Его пожелал видеть министр финансов Витте, и при свидании с ним Нобель высказался в том же духе своих размышлений, а Сергей Юльевич обострил тему, задав прямой вопрос:
— Что бы вы лично сделали бы, будь вы на месте голландцев?
— Наверное, стал бы искать богатого компаньона, чтобы пришвартоваться к надежным пристаням лондонского Сити. Сейчас англичане заметно отстали как в поисках, так и в разработке нефтяных ресурсов, и они, смею думать, охотно пойдут на соглашение с голландцами. Тем более, — продолжал Нобель, — коммерческим директором в «Ройял датч» состоит молодой человек Генри Детердинг, и он, кажется, уже примелькался в кабинетах лондонского Сити.

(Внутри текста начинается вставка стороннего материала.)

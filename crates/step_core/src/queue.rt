//! Messages that wait.
ghost use Rattle.std.specs.Prelude.{◌≡◌, ◌++◌, ◌∷◌, [], length, OnOk, OnErr};
ghost use Rattle.step_core.specs.States.{is_nothing};

use crate::base::copies;
use pcep_messages::Message;
use sequence::{PlainData, Sequence};
use std::alloc::{AllocError, Global};
use std::marker::Model;
use std::mem;

/// Messages that wait to be sent, oldest first.
#[derive(Debug, Drop)]
pub struct Queue {
    messages: Vec<Message>,
}

impl Model for Queue {
    ghost use Rattle.std.specs.Prelude.{List};
    ghost use Rattle.pcep_messages.specs.declared.message.Message.{Message};

    ghost Value = { List Message };

    ghost view = { λ q. q.messages.items };
}

impl Queue {
    /// Makes an empty queue. Allocates nothing.
    pub fn new(alloc: Global) -> Queue
        ensures { result ≡ [] }
    {
        Queue {
            messages: Vec::new(alloc),
        }
    }

    /// Tests whether nothing waits.
    pub fn is_empty(&self) -> bool
        ensures { result ≡ is_nothing self.now }
    {
        self.messages.is_empty()
    }

    /// Counts the waiting messages.
    pub fn len(&self) -> usize
        ensures { result ≡ length self.now }
    {
        self.messages.len()
    }

    /// Lends the waiting messages, oldest first.
    pub fn as_slice(&self) -> &[Message]
        ensures { result.now ≡ self.now }
    {
        self.messages.as_slice()
    }

    /// Appends a message.
    pub fn push(&mut self, message: Message) -> Result<(), AllocError>
        ensures added { OnOk result (self.new ≡ self.old ++ message ∷ []) }
        ensures unchanged { OnErr result (self.new ≡ self.old) }
    {
        self.messages.reserve(1)?;
        self.messages.push_reserved(message);
        Ok(())
    }

    /// Hands out all that waits, in order. Allocates nothing.
    pub fn take(&mut self) -> Sequence<Message>
        ensures taken { result ≡ self.old }
        ensures empty { self.new ≡ [] }
    {
        let alloc = *self.messages.allocator();
        Sequence::from_vec(mem::replace(&mut self.messages, Vec::new(alloc)))
    }
}

impl PlainData for Queue {
    fn copy(&self) -> Result<Queue, AllocError> {
        let copies = copies(*self.messages.allocator(), self.messages.as_slice())?;
        Ok(Queue {
            messages: copies.into_vec(),
        })
    }
}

— Аннотируйте мне Детердинга подробнее, — попросил Витте.
— А что сейчас предпринимает Рокфеллер? — задал он вопрос, выслушав характеристику.
— Как говорят русские, он роет землю рогами. Предчувствуя мощную конкуренцию в Азии, его компания заплеснула своим керосином райские острова Яву и Суматру, сбывая его по самым низким ценам, лишь бы подорвать величие голландцев.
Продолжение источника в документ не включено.